However, challenges become strengths when work is complete. Although I was relieved when I finished the zine, I felt that this project added a lot to my knowledge and experience.
Visual narrative is a story told through various types of media such as photographs, videos and illustrations. The topic of my story in this pop-up book is the hijab. My objective is to showcase the different kinds of hijab worn by women from across the world. This is not an easy thing to do especially if you wish the audience to clearly see the difference in colors, styles and patterns in Hijab. For this reason, I carried out a lot of experiments to first present an elegant and informative product and second to use particular visuals that would catch the attention and interest of the audience. I learned a lot from those repeated experiments while sketching the ideas to include in the book. The idea started big. At the beginning, I wanted to focus on fashion and trace its history in the west during a century. However, my professors advised me to be more specific and relate my narrative story to my region. Therefore, I had to narrow down my idea and confine it to hijab in Qatar and the region. In the process, I learned how to turn a flat 2D product into a more appealing 3D product that the audience can see from different angles. Also, I learned several techniques of how to create pop-up objects and discover which ones would work better for this particular project. This has truly enriched my knowledge and crafted my skill in turning illustrations into real objects. My greatest concern, however, was to have an impact on the audience through these visuals. Images are more expressive sometimes than words, because they are loaded with information and details. In addition, they allow the audience to see for themselves and interpret or understand the story of hijab in their own ways. The fabric I added to the illustrations comes from various materials used in hijab and it is meant to produce a similar effect: It will hopefully have a deeper effect on the audience, especially those who do not know what hijab is. The book cover is made from fabric and bears a significance: The material wraps the front and back covers of the book and the title, thus serving as a hijab itself.
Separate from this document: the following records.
ghost use Rattle.std.specs.Prelude.{◌≡◌, ◌++◌, [], map, IfOk, OnOk, Some};
ghost use Rattle.std.specs.Fmt.{decimal};
ghost use Rattle.conf_shape.specs.Scalars.{map_kind};
ghost use Rattle.conf_shape.specs.Keys.{seen_row};
ghost use Rattle.conf_shape.specs.Sections.{map_keys};
ghost use Rattle.conf_shape.specs.Faults.{here, found_under, item_faults, missing, missing_row, missing_in, map_faults, may_be_null, null_faults, faults_of, entries_of, first, dotted, path_of, fault_of, first_fault};

use crate::keys::{key_text, lacks, number_of, under_key};
use crate::kinds::{Kind, MapKind};
use crate::refused::{ConfCause, ConfFault};
use crate::scalars::{flag_cause, item_kind, map_kind, number_cause, text_cause};
use crate::seen::Seen;
use crate::tables::{Row, table_of};
use net_base::{Names, NoMemory, Text};
use std::alloc::Global;
use yaml_tree::{Pair, Tree};

/// A fault, with the keys and places that lead to it, the outermost first.
#[derive(Debug, Drop)]
pub struct Found {
    pub steps: Names,
    pub cause: ConfCause,
}

/// A fault at the value itself.
fn here(alloc: Global, cause: Option<ConfCause>) -> Option<Found>
    ensures { result ≡ first (here cause) }
{
    match cause {
        Some(cause) => Some(Found {
            steps: Names::new(alloc),
            cause,
        }),
        None => None,
    }
}

fn found_under(step: Text, mut found: Found) -> Result<Found, NoMemory>
    ensures { IfOk result (λ made. made ≡ found_under step found) }
{
    found.steps.insert(0, step)?;
    Ok(found)
}

/// Whether nothing stands for a map of this kind with no entry.
fn may_be_null(map: MapKind) -> bool
    ensures { result ≡ may_be_null map }
{
    matches!(
        map,
        MapKind::Top
            | MapKind::Interface { .. }
            | MapKind::Vlan { .. }
            | MapKind::Vlans
            | MapKind::Acls
            | MapKind::Routers
    )
}

fn missing_row(alloc: Global, key: &str) -> Result<Found, NoMemory>
    ensures { IfOk result (λ made. made ≡ missing_row key.now) }
{
    let step = Text::from_str(alloc, key)?;
    let found = Found {
        steps: Names::new(alloc),
        cause: ConfCause::Missing,
    };
    found_under(step, found)
}

fn missing(
    alloc: Global,
    number: Option<u64>,
    pairs: &[Pair],
    rows: &[Row],
) -> Result<Option<Found>, NoMemory>
    ensures { IfOk result (λ found. found ≡ first (missing number (map_keys pairs.now) (map seen_row rows.now))) }
{
    for row in rows {
        if lacks(number, pairs, row) {
            return Ok(Some(missing_row(alloc, row.key)?));
        }
    }
    Ok(None)
}

/// The first key that has to be there and isn't.
fn missing_in(alloc: Global, map: MapKind, pairs: &[Pair]) -> Result<Option<Found>, NoMemory>
    ensures { IfOk result (λ found. found ≡ first (missing_in map (map_keys pairs.now))) }
{
    missing(alloc, number_of(map), pairs, table_of(map).rows)
}

fn null_fault(alloc: Global, kind: Kind) -> Result<Option<Found>, NoMemory>
    ensures { IfOk result (λ found. found ≡ first (null_faults (map_kind kind))) }
{
    match map_kind(kind) {
        Some(map) if may_be_null(map) => missing_in(alloc, map, &[]),
        _ => Ok(here(alloc, Some(ConfCause::WrongType))),
    }
}

/// The first fault of a value, as one of a kind.
#[tactic(auto, using(crate::proofs::FaultLaws::walk_rules))]
#[cycle(walk)]
fn value_fault(alloc: Global, kind: Kind, tree: &Tree) -> Result<Option<Found>, NoMemory>
    ensures { IfOk result (λ found. found ≡ first (faults_of tree.now kind)) }
{
    match tree {
        Tree::Null => null_fault(alloc, kind),
        Tree::Bool(_) => Ok(here(alloc, flag_cause(kind))),
        Tree::Int(n) => Ok(here(alloc, number_cause(kind, *n))),
        Tree::Text(text) => Ok(here(alloc, text_cause(kind, text.as_str()))),
        Tree::List(items) => match item_kind(kind) {
            Some(item) => items_fault(alloc, item, items.as_slice()),
            None => Ok(here(alloc, Some(ConfCause::WrongType))),
        },
        Tree::Map(pairs) => match map_kind(kind) {
            Some(map) => entries_fault(alloc, map, pairs.as_slice()),
            None => Ok(here(alloc, Some(ConfCause::WrongType))),
        },
    }
}

#[tactic(auto, using(crate::proofs::FaultLaws::walk_rules))]
#[cycle(walk)]
fn items_fault(alloc: Global, kind: Kind, items: &[Tree]) -> Result<Option<Found>, NoMemory>
    ensures { IfOk result (λ found. found ≡ first (item_faults kind 0 (map faults_of items.now))) }
{
    for (i, item) in items.iter().enumerate() {
        if let Some(found) = value_fault(alloc, kind, item)? {
            return Ok(Some(behind_place(alloc, i, found)?));
        }
    }
    Ok(None)
}

#[tactic(auto, using(crate::proofs::FaultLaws::walk_rules))]
#[cycle(walk)]
fn entries_fault(alloc: Global, map: MapKind, pairs: &[Pair]) -> Result<Option<Found>, NoMemory>
    ensures { IfOk result (λ found. found ≡ first (map_faults map [] (entries_of pairs.now))) }
{
    let mut seen = Seen::new(alloc);
    for (i, pair) in pairs.iter().enumerate() {
        let found = match under_key(alloc, map, &pairs[..i], &mut seen, &pair.key)? {
            Ok(kind) => value_fault(alloc, kind, &pair.value)?,
            Err(cause) => here(alloc, Some(cause)),
        };
        if let Some(found) = found {
            return Ok(Some(found_under(key_text(alloc, &pair.key)?, found)?));
        }
    }
    missing_in(alloc, map, pairs)
}

fn behind_place(alloc: Global, place: usize, found: Found) -> Result<Found, NoMemory>
    ensures { IfOk result (λ made. made ≡ found_under (decimal place) found) }
{
    let digits = place.to_string(alloc)?;
    found_under(Text::from_str(alloc, digits.as_str())?, found)
}

fn append_dotted(path: &mut Text, steps: &[Text]) -> Result<(), NoMemory>
    ensures { OnOk result (path.new ≡ path.old ++ dotted steps.now) }
{
    for step in steps {
        path.append(".")?;
        path.append(step.as_str())?;
    }
    Ok(())
}

/// The steps that lead to a place, joined by points, and one point where there is none.
pub fn path_of(alloc: Global, steps: &[Text]) -> Result<Text, NoMemory>
    ensures { IfOk result (λ path. path ≡ path_of steps.now) }
{
    match steps {
        [first, rest @ ..] => {
            let mut path = Text::from_str(alloc, first.as_str())?;
            append_dotted(&mut path, rest)?;
            Ok(path)
        }
        [] => Text::from_str(alloc, "."),
    }
}

/// The first fault of a document, in its order; `None` where its shape is right. In a map each key
/// stands in its turn: one that is unknown or left out, that is given twice, or that is out of the
/// range of what it gives, and then the fault of its value; behind the last key what is missing.
pub fn find_shape_fault(alloc: Global, tree: &Tree) -> Result<Option<ConfFault>, NoMemory>
    ensures { IfOk result (λ fault. fault ≡ first_fault tree.now) }
{
    match value_fault(alloc, Kind::Map(MapKind::Top), tree)? {
        Some(found) => Ok(Some(ConfFault {
            path: path_of(alloc, found.steps.as_slice())?,
            cause: found.cause,
        })),
        None => Ok(None),
    }
}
To further grab the audience attention, I asked two questions in my first spread: “What is hijab?” and “do all women wear the same type of hijab?’ Though I provided a quick definition of what hijab is and a hint to the second question, I provided deep and comprehensive answers through visuals in the pop-up book.
By the time I reached the final product I realized that the project needed more and more effort than I thought it would. But, at the same time it was useful and inspiring for the coming projects and I am glad I had the chance to work on this pop-up book.
This project is totally new to me; this is the first time I design an invitation to an exhibition. On the face of it, things seem simple and easy but in reality the project is demanding and challenging in many ways. An invitation in general is something which people read to have the information they need about the target event. Not many people pay attention to the other details such as the colours, the type, the paper, the layout, etc… So the challenge was to create an invitation that look special in every respect, content and layout. The purpose is to make the audience not just read the invitation but keep it with them as a piece of artwork.
I challenged myself to live up to this task and stretched my imagination to its full potential to come up with an invitation that is original, eye-catching, and artistic.
The intention behind this project is to encourage people to go back to the old common practice which is to print invitations and send them by post. With the advance of technology and the fast growing pace of social media and social platforms, people are no longer interested in hard paper. With his project, we wish to make people feel once again the beauty and charm of touching paper. It requires a huge effort to draw the attention of people to a matter such as this. That is why the project was really challenging, but fruitful and illuminating at the same time.
Having decided on every detail and prepared the needed material, I went on to print the prototype white on black in bigger size. I still wished to leave the viewer with the impression that the painting is drawn by hand, so I left the pen a bit loose in the platter. As a matter of fact I tried this technique in a previous project and it worked perfectly well. Unfortunately, it did not produce the same effect here. Many components were left out and did not appear in the printing at all including details about the exhibition which should, of course, be clear to the audience. The reason why it worked before and did not work now is that with the previous project it was mostly patterns and illustrations, but with this one it includes a lot of type and a lot of information. Fixing this little problem was as easy as one two three. I just had to tighten the pen to make it still.
The final thing I had to do is the cover. Again, I hoped to create something special. I drew the illustrations by hand based on some elements from the artist’s work and used the same colours he used in his paintings. The outcome showed a colourful cover which contrasts with the only black and white accordion inside. I opted for this in an attempt to mix the impression the artist’s two exhibitions left me with: The gallery exhibition was somehow sad and lacks colours while the Al Muthaf exhibition was really colourful and full of life.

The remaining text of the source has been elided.